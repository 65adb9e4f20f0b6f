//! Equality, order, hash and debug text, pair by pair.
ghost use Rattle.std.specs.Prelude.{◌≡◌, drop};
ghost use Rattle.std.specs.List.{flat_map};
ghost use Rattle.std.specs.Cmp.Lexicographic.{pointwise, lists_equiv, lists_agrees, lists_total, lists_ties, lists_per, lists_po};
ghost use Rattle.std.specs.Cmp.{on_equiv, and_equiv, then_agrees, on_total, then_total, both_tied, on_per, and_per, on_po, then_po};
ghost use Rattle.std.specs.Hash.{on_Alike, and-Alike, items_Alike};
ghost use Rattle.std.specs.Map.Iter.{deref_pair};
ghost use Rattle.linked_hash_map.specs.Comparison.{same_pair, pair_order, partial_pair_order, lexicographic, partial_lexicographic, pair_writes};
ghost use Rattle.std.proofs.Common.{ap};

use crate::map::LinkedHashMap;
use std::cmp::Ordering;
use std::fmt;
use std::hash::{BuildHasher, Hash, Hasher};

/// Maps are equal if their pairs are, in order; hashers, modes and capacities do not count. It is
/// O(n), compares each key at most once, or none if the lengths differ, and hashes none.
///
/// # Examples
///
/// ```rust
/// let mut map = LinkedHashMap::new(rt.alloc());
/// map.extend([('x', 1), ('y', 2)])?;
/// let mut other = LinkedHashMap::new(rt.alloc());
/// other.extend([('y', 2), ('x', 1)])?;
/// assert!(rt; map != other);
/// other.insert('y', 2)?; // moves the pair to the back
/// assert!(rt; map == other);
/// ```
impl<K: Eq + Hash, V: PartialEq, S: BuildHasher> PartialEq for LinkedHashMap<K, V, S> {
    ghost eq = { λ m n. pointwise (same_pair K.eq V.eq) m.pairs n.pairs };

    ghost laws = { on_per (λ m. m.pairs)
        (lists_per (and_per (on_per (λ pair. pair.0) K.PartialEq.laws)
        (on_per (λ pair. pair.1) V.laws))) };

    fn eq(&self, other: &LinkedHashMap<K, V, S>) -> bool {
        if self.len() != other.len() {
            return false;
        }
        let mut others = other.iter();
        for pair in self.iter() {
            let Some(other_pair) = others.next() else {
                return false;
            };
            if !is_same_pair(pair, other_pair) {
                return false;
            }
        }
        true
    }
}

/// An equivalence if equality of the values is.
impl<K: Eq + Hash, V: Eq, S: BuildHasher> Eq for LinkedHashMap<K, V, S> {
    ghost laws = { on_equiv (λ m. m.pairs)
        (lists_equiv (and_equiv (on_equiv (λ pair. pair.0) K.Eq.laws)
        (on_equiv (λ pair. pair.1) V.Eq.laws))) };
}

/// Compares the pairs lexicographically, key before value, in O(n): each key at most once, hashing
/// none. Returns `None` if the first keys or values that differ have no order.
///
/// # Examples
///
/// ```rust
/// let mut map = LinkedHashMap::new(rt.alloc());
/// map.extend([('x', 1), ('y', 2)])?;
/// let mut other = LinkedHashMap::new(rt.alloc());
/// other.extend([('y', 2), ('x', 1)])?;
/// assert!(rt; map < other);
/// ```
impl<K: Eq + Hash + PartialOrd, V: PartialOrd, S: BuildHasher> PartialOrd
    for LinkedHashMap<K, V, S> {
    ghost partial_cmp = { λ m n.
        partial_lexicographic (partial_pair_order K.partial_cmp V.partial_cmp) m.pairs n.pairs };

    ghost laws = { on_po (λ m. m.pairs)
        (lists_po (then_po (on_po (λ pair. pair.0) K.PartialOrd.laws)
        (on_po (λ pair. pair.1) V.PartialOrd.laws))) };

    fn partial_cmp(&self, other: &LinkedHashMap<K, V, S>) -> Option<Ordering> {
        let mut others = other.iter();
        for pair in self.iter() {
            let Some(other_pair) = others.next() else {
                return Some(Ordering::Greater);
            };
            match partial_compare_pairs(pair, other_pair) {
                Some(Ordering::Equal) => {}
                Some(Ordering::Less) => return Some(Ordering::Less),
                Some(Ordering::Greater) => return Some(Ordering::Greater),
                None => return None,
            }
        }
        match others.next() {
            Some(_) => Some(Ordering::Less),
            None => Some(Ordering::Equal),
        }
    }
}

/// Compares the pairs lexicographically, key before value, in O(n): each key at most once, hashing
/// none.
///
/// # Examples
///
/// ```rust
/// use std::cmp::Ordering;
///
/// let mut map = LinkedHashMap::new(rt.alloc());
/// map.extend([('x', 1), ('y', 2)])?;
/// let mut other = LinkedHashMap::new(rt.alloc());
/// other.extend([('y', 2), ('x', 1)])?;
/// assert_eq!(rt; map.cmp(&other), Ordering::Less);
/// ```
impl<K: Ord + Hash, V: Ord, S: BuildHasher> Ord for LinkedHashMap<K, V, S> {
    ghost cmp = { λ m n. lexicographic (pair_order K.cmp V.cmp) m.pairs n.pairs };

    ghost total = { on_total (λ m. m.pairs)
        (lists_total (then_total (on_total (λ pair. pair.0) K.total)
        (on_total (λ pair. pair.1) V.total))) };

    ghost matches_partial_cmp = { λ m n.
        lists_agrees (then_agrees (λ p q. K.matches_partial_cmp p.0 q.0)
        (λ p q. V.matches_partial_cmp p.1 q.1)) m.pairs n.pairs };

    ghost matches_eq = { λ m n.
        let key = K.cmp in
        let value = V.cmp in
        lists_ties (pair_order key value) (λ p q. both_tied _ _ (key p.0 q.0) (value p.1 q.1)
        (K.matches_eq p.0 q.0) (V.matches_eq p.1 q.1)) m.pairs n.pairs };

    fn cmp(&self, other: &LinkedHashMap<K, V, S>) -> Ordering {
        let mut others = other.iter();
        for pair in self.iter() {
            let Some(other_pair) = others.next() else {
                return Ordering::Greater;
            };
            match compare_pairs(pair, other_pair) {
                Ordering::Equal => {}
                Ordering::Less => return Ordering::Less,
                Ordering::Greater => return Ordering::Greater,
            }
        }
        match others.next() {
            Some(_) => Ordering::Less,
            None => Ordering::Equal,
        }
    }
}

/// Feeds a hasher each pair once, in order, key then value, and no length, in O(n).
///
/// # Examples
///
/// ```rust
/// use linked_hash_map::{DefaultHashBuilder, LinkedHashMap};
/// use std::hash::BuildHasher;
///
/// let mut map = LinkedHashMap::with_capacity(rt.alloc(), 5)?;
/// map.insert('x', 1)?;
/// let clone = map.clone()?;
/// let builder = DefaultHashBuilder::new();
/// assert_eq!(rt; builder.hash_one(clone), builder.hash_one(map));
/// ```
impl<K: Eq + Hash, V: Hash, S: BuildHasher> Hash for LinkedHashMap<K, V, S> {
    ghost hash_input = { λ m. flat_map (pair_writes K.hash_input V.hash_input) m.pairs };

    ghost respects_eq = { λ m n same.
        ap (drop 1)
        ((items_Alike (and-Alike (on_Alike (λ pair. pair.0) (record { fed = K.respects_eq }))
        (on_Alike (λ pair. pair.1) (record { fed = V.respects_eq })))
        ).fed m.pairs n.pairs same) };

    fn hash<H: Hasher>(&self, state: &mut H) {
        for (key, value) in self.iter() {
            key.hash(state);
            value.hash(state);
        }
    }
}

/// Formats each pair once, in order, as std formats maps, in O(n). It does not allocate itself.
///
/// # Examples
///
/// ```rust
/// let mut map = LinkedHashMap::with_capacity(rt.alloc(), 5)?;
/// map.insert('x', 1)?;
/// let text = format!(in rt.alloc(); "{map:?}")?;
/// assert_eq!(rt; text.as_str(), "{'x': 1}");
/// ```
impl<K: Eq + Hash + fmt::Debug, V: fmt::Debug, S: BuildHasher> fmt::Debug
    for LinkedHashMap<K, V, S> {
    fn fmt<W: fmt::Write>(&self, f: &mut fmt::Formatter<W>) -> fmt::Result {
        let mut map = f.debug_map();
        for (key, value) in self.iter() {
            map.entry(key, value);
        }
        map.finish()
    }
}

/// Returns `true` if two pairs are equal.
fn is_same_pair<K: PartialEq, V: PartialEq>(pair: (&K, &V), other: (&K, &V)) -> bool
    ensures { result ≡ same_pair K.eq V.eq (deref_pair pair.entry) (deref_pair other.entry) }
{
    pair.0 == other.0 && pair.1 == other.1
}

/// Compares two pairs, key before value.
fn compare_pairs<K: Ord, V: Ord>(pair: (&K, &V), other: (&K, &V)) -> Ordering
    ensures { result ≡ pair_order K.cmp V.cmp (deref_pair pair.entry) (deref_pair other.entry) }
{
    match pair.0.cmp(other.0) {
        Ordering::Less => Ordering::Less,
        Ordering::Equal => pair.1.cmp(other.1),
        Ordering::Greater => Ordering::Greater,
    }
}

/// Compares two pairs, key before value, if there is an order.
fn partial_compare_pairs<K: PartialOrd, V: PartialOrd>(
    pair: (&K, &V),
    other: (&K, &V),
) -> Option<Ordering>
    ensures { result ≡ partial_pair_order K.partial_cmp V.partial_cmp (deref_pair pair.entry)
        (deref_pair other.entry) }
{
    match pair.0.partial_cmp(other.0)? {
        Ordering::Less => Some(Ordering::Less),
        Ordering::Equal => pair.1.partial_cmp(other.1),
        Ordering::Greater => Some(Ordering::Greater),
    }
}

### Task
For the word "PartialEq", return every line of the records that holds it.

### Solution for this exercise
impl<K: Eq + Hash, V: PartialEq, S: BuildHasher> PartialEq for LinkedHashMap<K, V, S> {
        (lists_per (and_per (on_per (λ pair. pair.0) K.PartialEq.laws)
fn is_same_pair<K: PartialEq, V: PartialEq>(pair: (&K, &V), other: (&K, &V)) -> bool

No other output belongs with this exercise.